[WHAT YOU ARE ASKED TO DO]
Make an exact reproduction of all the data.

[TASK DATA]
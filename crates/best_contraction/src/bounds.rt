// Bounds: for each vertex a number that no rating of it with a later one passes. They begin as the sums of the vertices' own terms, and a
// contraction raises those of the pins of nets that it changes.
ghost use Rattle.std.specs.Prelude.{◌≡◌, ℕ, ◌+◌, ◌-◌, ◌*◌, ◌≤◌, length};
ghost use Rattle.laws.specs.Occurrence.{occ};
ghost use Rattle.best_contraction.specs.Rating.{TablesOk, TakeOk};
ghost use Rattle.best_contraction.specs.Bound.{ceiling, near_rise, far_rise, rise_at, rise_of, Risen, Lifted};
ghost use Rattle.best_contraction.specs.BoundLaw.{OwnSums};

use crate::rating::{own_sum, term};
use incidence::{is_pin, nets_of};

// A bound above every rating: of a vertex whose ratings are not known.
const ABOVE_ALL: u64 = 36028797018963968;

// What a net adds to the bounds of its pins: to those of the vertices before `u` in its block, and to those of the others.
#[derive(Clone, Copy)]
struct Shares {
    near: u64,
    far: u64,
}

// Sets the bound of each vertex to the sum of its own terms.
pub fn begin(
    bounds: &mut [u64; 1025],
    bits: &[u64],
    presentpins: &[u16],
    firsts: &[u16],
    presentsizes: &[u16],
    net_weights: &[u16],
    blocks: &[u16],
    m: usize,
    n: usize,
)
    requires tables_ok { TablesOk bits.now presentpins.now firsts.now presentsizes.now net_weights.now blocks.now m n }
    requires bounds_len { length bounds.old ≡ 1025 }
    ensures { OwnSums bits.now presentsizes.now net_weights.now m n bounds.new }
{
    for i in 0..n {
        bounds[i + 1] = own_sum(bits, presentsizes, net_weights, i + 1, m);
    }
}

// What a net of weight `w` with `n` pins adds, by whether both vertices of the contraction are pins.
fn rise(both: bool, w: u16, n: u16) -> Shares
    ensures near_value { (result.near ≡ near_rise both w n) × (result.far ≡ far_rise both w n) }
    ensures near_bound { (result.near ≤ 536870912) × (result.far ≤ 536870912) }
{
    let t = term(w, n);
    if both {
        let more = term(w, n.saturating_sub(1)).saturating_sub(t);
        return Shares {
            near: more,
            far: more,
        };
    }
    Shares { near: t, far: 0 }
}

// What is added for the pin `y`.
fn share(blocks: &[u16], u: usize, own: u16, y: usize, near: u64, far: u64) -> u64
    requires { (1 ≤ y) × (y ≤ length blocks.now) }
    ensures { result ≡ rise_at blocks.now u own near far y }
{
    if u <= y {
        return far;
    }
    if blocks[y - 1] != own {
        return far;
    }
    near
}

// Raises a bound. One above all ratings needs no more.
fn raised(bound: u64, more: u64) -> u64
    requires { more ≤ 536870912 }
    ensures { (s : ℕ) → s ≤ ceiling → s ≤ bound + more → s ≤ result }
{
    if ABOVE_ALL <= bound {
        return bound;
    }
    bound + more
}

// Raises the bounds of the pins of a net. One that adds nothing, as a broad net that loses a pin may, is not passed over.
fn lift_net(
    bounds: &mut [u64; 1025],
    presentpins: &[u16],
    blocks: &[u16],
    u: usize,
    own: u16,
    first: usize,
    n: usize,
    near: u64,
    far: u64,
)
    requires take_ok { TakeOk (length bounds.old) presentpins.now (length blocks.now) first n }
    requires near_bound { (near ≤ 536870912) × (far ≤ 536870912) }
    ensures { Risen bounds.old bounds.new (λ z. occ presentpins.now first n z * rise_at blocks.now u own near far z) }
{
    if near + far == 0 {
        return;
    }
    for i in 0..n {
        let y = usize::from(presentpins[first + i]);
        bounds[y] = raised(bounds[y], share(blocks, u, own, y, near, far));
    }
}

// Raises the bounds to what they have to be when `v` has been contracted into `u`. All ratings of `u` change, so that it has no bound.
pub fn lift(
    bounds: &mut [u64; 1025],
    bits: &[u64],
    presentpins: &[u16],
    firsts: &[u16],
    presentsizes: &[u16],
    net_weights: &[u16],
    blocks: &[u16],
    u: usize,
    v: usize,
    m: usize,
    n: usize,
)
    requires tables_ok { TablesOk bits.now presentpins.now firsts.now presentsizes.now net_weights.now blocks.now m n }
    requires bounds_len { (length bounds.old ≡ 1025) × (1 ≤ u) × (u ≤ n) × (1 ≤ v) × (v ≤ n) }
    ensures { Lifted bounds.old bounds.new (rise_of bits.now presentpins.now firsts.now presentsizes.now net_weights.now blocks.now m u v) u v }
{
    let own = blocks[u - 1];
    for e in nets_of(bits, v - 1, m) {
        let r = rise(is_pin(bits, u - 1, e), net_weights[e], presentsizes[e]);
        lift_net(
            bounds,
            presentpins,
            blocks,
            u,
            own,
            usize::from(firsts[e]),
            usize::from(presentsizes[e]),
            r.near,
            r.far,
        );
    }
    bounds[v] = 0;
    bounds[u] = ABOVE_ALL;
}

[EXERCISE RESPONSE]
filename crates/best_contraction/src/bounds.rt
// Bounds: for each vertex a number that no rating of it with a later one passes. They begin as the sums of the vertices' own terms, and a
// contraction raises those of the pins of nets that it changes.
ghost use Rattle.std.specs.Prelude.{◌≡◌, ℕ, ◌+◌, ◌-◌, ◌*◌, ◌≤◌, length};
ghost use Rattle.laws.specs.Occurrence.{occ};
ghost use Rattle.best_contraction.specs.Rating.{TablesOk, TakeOk};
ghost use Rattle.best_contraction.specs.Bound.{ceiling, near_rise, far_rise, rise_at, rise_of, Risen, Lifted};
ghost use Rattle.best_contraction.specs.BoundLaw.{OwnSums};

use crate::rating::{own_sum, term};
use incidence::{is_pin, nets_of};

// A bound above every rating: of a vertex whose ratings are not known.
const ABOVE_ALL: u64 = 36028797018963968;

// What a net adds to the bounds of its pins: to those of the vertices before `u` in its block, and to those of the others.
#[derive(Clone, Copy)]
struct Shares {
    near: u64,
    far: u64,
}

// Sets the bound of each vertex to the sum of its own terms.
pub fn begin(
    bounds: &mut [u64; 1025],
    bits: &[u64],
    presentpins: &[u16],
    firsts: &[u16],
    presentsizes: &[u16],
    net_weights: &[u16],
    blocks: &[u16],
    m: usize,
    n: usize,
)
    requires tables_ok { TablesOk bits.now presentpins.now firsts.now presentsizes.now net_weights.now blocks.now m n }
    requires bounds_len { length bounds.old ≡ 1025 }
    ensures { OwnSums bits.now presentsizes.now net_weights.now m n bounds.new }
{
    for i in 0..n {
        bounds[i + 1] = own_sum(bits, presentsizes, net_weights, i + 1, m);
    }
}

// What a net of weight `w` with `n` pins adds, by whether both vertices of the contraction are pins.
fn rise(both: bool, w: u16, n: u16) -> Shares
    ensures near_value { (result.near ≡ near_rise both w n) × (result.far ≡ far_rise both w n) }
    ensures near_bound { (result.near ≤ 536870912) × (result.far ≤ 536870912) }
{
    let t = term(w, n);
    if both {
        let more = term(w, n.saturating_sub(1)).saturating_sub(t);
        return Shares {
            near: more,
            far: more,
        };
    }
    Shares { near: t, far: 0 }
}

// What is added for the pin `y`.
fn share(blocks: &[u16], u: usize, own: u16, y: usize, near: u64, far: u64) -> u64
    requires { (1 ≤ y) × (y ≤ length blocks.now) }
    ensures { result ≡ rise_at blocks.now u own near far y }
{
    if u <= y {
        return far;
    }
    if blocks[y - 1] != own {
        return far;
    }
    near
}

// Raises a bound. One above all ratings needs no more.
fn raised(bound: u64, more: u64) -> u64
    requires { more ≤ 536870912 }
    ensures { (s : ℕ) → s ≤ ceiling → s ≤ bound + more → s ≤ result }
{
    if ABOVE_ALL <= bound {
        return bound;
    }
    bound + more
}

// Raises the bounds of the pins of a net. One that adds nothing, as a broad net that loses a pin may, is not passed over.
fn lift_net(
    bounds: &mut [u64; 1025],
    presentpins: &[u16],
    blocks: &[u16],
    u: usize,
    own: u16,
    first: usize,
    n: usize,
    near: u64,
    far: u64,
)
    requires take_ok { TakeOk (length bounds.old) presentpins.now (length blocks.now) first n }
    requires near_bound { (near ≤ 536870912) × (far ≤ 536870912) }
    ensures { Risen bounds.old bounds.new (λ z. occ presentpins.now first n z * rise_at blocks.now u own near far z) }
{
    if near + far == 0 {
        return;
    }
    for i in 0..n {
        let y = usize::from(presentpins[first + i]);
        bounds[y] = raised(bounds[y], share(blocks, u, own, y, near, far));
    }
}

// Raises the bounds to what they have to be when `v` has been contracted into `u`. All ratings of `u` change, so that it has no bound.
pub fn lift(
    bounds: &mut [u64; 1025],
    bits: &[u64],
    presentpins: &[u16],
    firsts: &[u16],
    presentsizes: &[u16],
    net_weights: &[u16],
    blocks: &[u16],
    u: usize,
    v: usize,
    m: usize,
    n: usize,
)
    requires tables_ok { TablesOk bits.now presentpins.now firsts.now presentsizes.now net_weights.now blocks.now m n }
    requires bounds_len { (length bounds.old ≡ 1025) × (1 ≤ u) × (u ≤ n) × (1 ≤ v) × (v ≤ n) }
    ensures { Lifted bounds.old bounds.new (rise_of bits.now presentpins.now firsts.now presentsizes.now net_weights.now blocks.now m u v) u v }
{
    let own = blocks[u - 1];
    for e in nets_of(bits, v - 1, m) {
        let r = rise(is_pin(bits, u - 1, e), net_weights[e], presentsizes[e]);
        lift_net(
            bounds,
            presentpins,
            blocks,
            u,
            own,
            usize::from(firsts[e]),
            usize::from(presentsizes[e]),
            r.near,
            r.far,
        );
    }
    bounds[v] = 0;
    bounds[u] = ABOVE_ALL;
}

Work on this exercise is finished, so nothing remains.